Given all the roots of a polynomial, I have to figure out an algorithm that generates the coefficients faster than O(n^2). I\'m having trouble approaching this problem. I\'m
kraskevich basically nailed it. Some details are missing, and it would be too long to fit into the comment field. Here are the details.

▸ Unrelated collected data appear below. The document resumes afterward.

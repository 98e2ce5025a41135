//! Stores of earlier schemas in files, whose upgrade is stopped: what it leaves.
use crate::disks::{
    FilesCase, InFiles, Store, held_over, opened_and_closed, over_files, rows_in, undisturbed,
};
use crate::grown::{difference_of_text, first_difference_grown, grown_texts, shown_of};
use crate::stops::first_lost;
use std::alloc::Global;
use std::test::Fail;
use test_fixtures::conversations::exchanges;
use test_fixtures::earlier::{Earlier, sql_of};
use test_fixtures::early::{CHANGED_EARLY, EARLIEST, EARLY};
use test_fixtures::samples::SITE;
use test_fixtures::schema_one::{CHANGED_ONE, ONE};
use test_fixtures::schema_two::{CHANGED_TWO, TWO};
use test_support::stores::tell_of;

/// The sample site without its manager.
const SITE_WITHOUT_MANAGER: &str = r#"[[customer]]
name = "acme"
issuer = ["acme-ca"]
[[customer.pool]]
first = "020000000010"
count = 4
[[customer.pool]]
first = "020000000020"
count = 4
[[customer.seat]]
name = "a1"
token = "ba7816bf8f01cfea414140de5dae2223b00361a396177a9cb410ff61f20015ad"
[[customer]]
name = "bolt"
issuer = ["bolt-ca"]
[[customer.seat]]
name = "b1"
token = "2cf24dba5fb0a30e26e83b2ac5b9e29e1b161e5c1fa7425e73043362938b9824"
"#;

/// A change that makes a store one of that site, by the digest of Python's hashlib.
const OF_NO_MANAGER: &str =
    "UPDATE meta SET site = X'57f16c3795389af9c4138eb58746fddebd856797ea95cd484bf9bff69c4bcfe0'";

/// The store of schema 1. The four stores are named by these functions alone: what names a text costs the
/// prover half a second for each thousand bytes of it.
fn one() -> &'static Earlier {
    &ONE
}

/// The store of schema 1 whose `given` names the address as a key behind the others.
fn earliest() -> &'static Earlier {
    &EARLIEST
}

/// The store of schema 1 whose `given` names it at the column.
fn early() -> &'static Earlier {
    &EARLY
}

/// The store of schema 2.
fn two() -> &'static Earlier {
    &TWO
}

/// The store of an earlier schema in files.
fn store_of<K: InFiles>(alloc: Global, earlier: &Earlier) -> Result<Store, Fail> {
    let sql = sql_of(alloc, earlier)?;
    let (_, store) = K::changed(alloc, &Store::new(alloc), sql.as_str())?;
    Ok(store)
}

/// Stops the upgrade of a store at each call of either file, and holds the conversation behind each stop: what
/// differs first, or that the store doesn't tell of the site's text in schema 3 then.
fn first_lost_in_upgrade<K: InFiles>(
    alloc: Global,
    earlier: &Earlier,
    loses_unsynced: bool,
) -> Result<String, Fail> {
    let shown = exchanges(alloc, earlier.shown)?;
    let store = store_of::<K>(alloc, earlier)?;
    let rows = undisturbed::<K>(alloc, &store, SITE, &[])?;
    if !tell_of(alloc, rows.as_str(), SITE)? {
        return Ok(String::from_str(alloc, "the store is not upgraded")?);
    }
    first_lost::<K>(alloc, &store, SITE, shown.as_slice(), 0, loses_unsynced)
}

/// Holds conversations over a store, which is opened before each: the first request that doesn't get its reply,
/// and what it got.
fn first_difference_in_life<K: InFiles>(alloc: Global, earlier: &Earlier) -> Result<String, Fail> {
    let mut store = store_of::<K>(alloc, earlier)?;
    for conversation in earlier.life {
        let exchanges = exchanges(alloc, conversation)?;
        let (found, left) = held_over::<K>(alloc, &store, SITE, exchanges.as_slice())?;
        if !found.is_empty() {
            return Ok(found);
        }
        store = left;
    }
    Ok(String::new(alloc))
}

/// Opens a store that was changed by the SQL of each row for the site of a text: the first with another fault
/// than that of the row.
fn first_other_fault<K: InFiles>(
    alloc: Global,
    earlier: &Earlier,
    rows: &[(&str, &str, u8)],
) -> Result<String, Fail> {
    let store = store_of::<K>(alloc, earlier)?;
    for row in rows {
        let (_, changed) = K::changed(alloc, &store, row.0)?;
        let (fault, _) = opened_and_closed::<K>(alloc, &changed, row.1)?;
        if fault != row.2 {
            return Ok(format!(in alloc; "{}: {} -> {fault}", row.0, row.2)?);
        }
    }
    Ok(String::new(alloc))
}

/// Opens a store of an earlier schema, which has the digest of its site's text alone, for each text
/// that grew from it: the first that isn't refused, or of which something is left.
fn first_growth_taken<K: InFiles>(alloc: Global, store: &Store) -> Result<String, Fail> {
    let rows = rows_in::<K>(alloc, store)?;
    for text in grown_texts(alloc)? {
        let (fault, left) = opened_and_closed::<K>(alloc, store, text.as_str())?;
        let then = rows_in::<K>(alloc, &left)?;
        if fault != 1 || then.as_str() != rows.as_str() {
            return Ok(format!(in alloc; "fault {fault}: {text}")?);
        }
    }
    Ok(String::new(alloc))
}

/// Opens a store of an earlier schema for its site's text, and then for each that grew from it: what
/// differs first of what is shown then.
fn first_difference_behind_upgrade<K: InFiles>(
    alloc: Global,
    store: &Store,
    shown: &str,
) -> Result<String, Fail> {
    let (_, upgraded) = opened_and_closed::<K>(alloc, store, SITE)?;
    let books = exchanges(alloc, shown)?;
    let shown = shown_of(alloc, books.as_slice())?;
    first_difference_grown::<K>(alloc, &upgraded, shown.as_slice())
}

/// Opens a store of an earlier schema as one of the site without a manager, and then for the site with it:
/// what differs first of what is shown then.
fn first_difference_with_manager<K: InFiles>(
    alloc: Global,
    store: &Store,
    shown: &str,
) -> Result<String, Fail> {
    let (_, changed) = K::changed(alloc, store, OF_NO_MANAGER)?;
    let (fault, upgraded) = opened_and_closed::<K>(alloc, &changed, SITE_WITHOUT_MANAGER)?;
    if fault != 0 {
        return Ok(format!(in alloc; "fault {fault} without a manager")?);
    }
    let books = exchanges(alloc, shown)?;
    difference_of_text::<K>(alloc, &upgraded, SITE, 0, books.as_slice())
}

/// What differs first where the site of an earlier store grows: before its upgrade, or behind it.
fn first_difference_in_growth<K: InFiles>(
    alloc: Global,
    earlier: &Earlier,
) -> Result<String, Fail> {
    let store = store_of::<K>(alloc, earlier)?;
    let found = first_difference_with_manager::<K>(alloc, &store, earlier.shown)?;
    if !found.is_empty() {
        return Ok(found);
    }
    let found = first_growth_taken::<K>(alloc, &store)?;
    if !found.is_empty() {
        return Ok(found);
    }
    first_difference_behind_upgrade::<K>(alloc, &store, earlier.shown)
}

/// Stores of earlier schemas whose site grows.
struct GrownUpgrades;

impl FilesCase for GrownUpgrades {
    fn first_difference<K: InFiles>(alloc: Global) -> Result<String, Fail> {
        for earlier in &[one(), two()] {
            let found = first_difference_in_growth::<K>(alloc, *earlier)?;
            if !found.is_empty() {
                return Ok(found);
            }
        }
        Ok(String::new(alloc))
    }
}

/// Each store of an earlier schema that goes on.
struct Lives;

impl FilesCase for Lives {
    fn first_difference<K: InFiles>(alloc: Global) -> Result<String, Fail> {
        for earlier in &[one(), earliest(), early(), two()] {
            let found = first_difference_in_life::<K>(alloc, *earlier)?;
            if !found.is_empty() {
                return Ok(found);
            }
        }
        Ok(String::new(alloc))
    }
}

/// Each that was changed.
struct ChangedStores;

impl FilesCase for ChangedStores {
    fn first_difference<K: InFiles>(alloc: Global) -> Result<String, Fail> {
        for row in &[
            (one(), CHANGED_ONE),
            (earliest(), CHANGED_EARLY),
            (early(), CHANGED_EARLY),
            (two(), CHANGED_TWO),
        ] {
            let found = first_other_fault::<K>(alloc, row.0, row.1)?;
            if !found.is_empty() {
                return Ok(format!(in alloc; "schema {}: {found}", row.0.schema)?);
            }
        }
        Ok(String::new(alloc))
    }
}

/// An upgrade of schema 1 that is killed.
struct KilledUpgrade;

impl FilesCase for KilledUpgrade {
    fn first_difference<K: InFiles>(alloc: Global) -> Result<String, Fail> {
        first_lost_in_upgrade::<K>(alloc, one(), false)
    }
}

/// An upgrade of schema 1 whose power fails.
struct UpgradeWithoutPower;

impl FilesCase for UpgradeWithoutPower {
    fn first_difference<K: InFiles>(alloc: Global) -> Result<String, Fail> {
        first_lost_in_upgrade::<K>(alloc, one(), true)
    }
}

/// An upgrade of schema 2 that is killed, and one whose power fails.
struct StoppedUpgradesOfTwo;

impl FilesCase for StoppedUpgradesOfTwo {
    fn first_difference<K: InFiles>(alloc: Global) -> Result<String, Fail> {
        let found = first_lost_in_upgrade::<K>(alloc, two(), false)?;
        if !found.is_empty() {
            return Ok(found);
        }
        first_lost_in_upgrade::<K>(alloc, two(), true)
    }
}

/// An upgrade of either store whose `given` has an address for a key that is killed, and one whose power
/// fails.
struct StoppedUpgradesOfEarly;

impl FilesCase for StoppedUpgradesOfEarly {
    fn first_difference<K: InFiles>(alloc: Global) -> Result<String, Fail> {
        let found = first_lost_in_upgrade::<K>(alloc, earliest(), false)?;
        if !found.is_empty() {
            return Ok(found);
        }
        first_lost_in_upgrade::<K>(alloc, early(), true)
    }
}

/// A store of schema 1 is taken to schema 3: its books show what they showed, without a beginning, its kept
/// replies are as they were kept, and it goes on. So are those of schema 1 in whose `given` an address is a key
/// for itself, in either form, and one of schema 2, with the beginnings that it has.
#[test]
fn stores_of_earlier_schemas_go_on(rt: HostRuntime) -> Result<(), Fail> {
    assert_eq!(rt; over_files::<Lives>(rt.alloc())?.as_str(), "");
    Ok(())
}

/// They don't grow before it; and behind it a site without a manager gets one too.
#[test]
fn sites_of_earlier_schemas_grow_behind_their_upgrade(rt: HostRuntime) -> Result<(), Fail> {
    assert_eq!(rt; over_files::<GrownUpgrades>(rt.alloc())?.as_str(), "");
    Ok(())
}

#[test]
fn changed_stores_of_earlier_schemas_are_refused(rt: HostRuntime) -> Result<(), Fail> {
    assert_eq!(rt; over_files::<ChangedStores>(rt.alloc())?.as_str(), "");
    Ok(())
}

/// Their upgrade is stopped at each call of either file: the store is as it was or as the upgrade leaves it, and
/// the next opening ends in schema 3, with the same books.
#[test]
fn a_killed_upgrade_goes_on(rt: HostRuntime) -> Result<(), Fail> {
    assert_eq!(rt; over_files::<KilledUpgrade>(rt.alloc())?.as_str(), "");
    Ok(())
}

/// An upgrade of a store of schema 1 is stopped at each call of either file, and what wasn't synced is lost: the
/// next opening ends in schema 3, with the same books.
#[test]
fn an_upgrade_goes_on_after_a_power_cut(rt: HostRuntime) -> Result<(), Fail> {
    assert_eq!(rt; over_files::<UpgradeWithoutPower>(rt.alloc())?.as_str(), "");
    Ok(())
}

/// An upgrade of a store of schema 2 is stopped at each call of either file, with and without the loss of what wasn't
/// synced: the next opening ends in schema 3, with the same books.
#[test]
fn a_stopped_upgrade_of_schema_two_goes_on(rt: HostRuntime) -> Result<(), Fail> {
    assert_eq!(rt;
        over_files::<StoppedUpgradesOfTwo>(rt.alloc())?.as_str(),
        ""
    );
    Ok(())
}

/// An upgrade of a store of schema 1 whose `given` is made anew goes on behind each stop: of one such store behind a
/// kill, and of another behind a power cut.
#[test]
fn a_stopped_upgrade_of_an_early_store_goes_on(rt: HostRuntime) -> Result<(), Fail> {
    assert_eq!(rt;
        over_files::<StoppedUpgradesOfEarly>(rt.alloc())?.as_str(),
        ""
    );
    Ok(())
}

Basically, you want to set up as a polynomial multiplication problem. Your input would be p1,...pN where pj(x) = (x-rj).
Here's pseudo-code:
function multiply2Poly(p1, p2)
// here, use FFT, multiply and use IFFT back
function multiplyPoly(p[1],...p[N])
if (N==1) return p[1]
if (N==2) return multiply2Poly(p[1],p[2])
else {
return multiply2Poly(multiplyPoly(p[1],...p[N/2]),multiplyPoly(p[1+N/2],...,p[N])
}
function getCoef(r[1],...r[N])
return multiplyPoly((p[1]=x-r[1]),...(p[N]=x-r[N]));
And for the FFT part:
Observe that if two polynomials are:
p1 = a[0]+a[1] x + ...+a[n] x^n
p2 = b[0]+a[1] x + ...+a[n] x^n
Then p1 * p2 = c[0] + c[1] x + ...+c[n] x^n
where C = A [x] B where [x] = convolution. A = (a[0],...,a[n]), B = (b[0],...,b[n]) and C = (c[0],...,c[n]).
Then use FFT and the convolution theorem to speed this up.
C = A [x] B = IFFT{ FFT{A} * FFT{B} } where * here is just multiplication.
runtime of IFFT = runtime of FFT = O(n log n).
multiplication run time is n, so the total run time is O(n log n).
The total run time of multiplyPoly is then:
T(N) = R(N/2) + T(N/2)*2
And R(N/2) = O(n log n) is the run time of multiply2Poly as described above.
so
T(N) = T(N/2) * 2 + O(n log n)
and now the Master theorem gives the O(n (log n)^2)
Here is an O(n * (log n)^2) solution:
The base case: for one root a, the answer is just x - a.
Let's assume that we have a list of more than one root. We can solve the problem recursively for the first and the second half of the list and then multiply the results using Fast Fourier Transform.
The time complexity is obtained from the equation T(n) = 2 * T(n / 2) + O(n log n), which is O(n * (log n)^2) according to the Master theorem.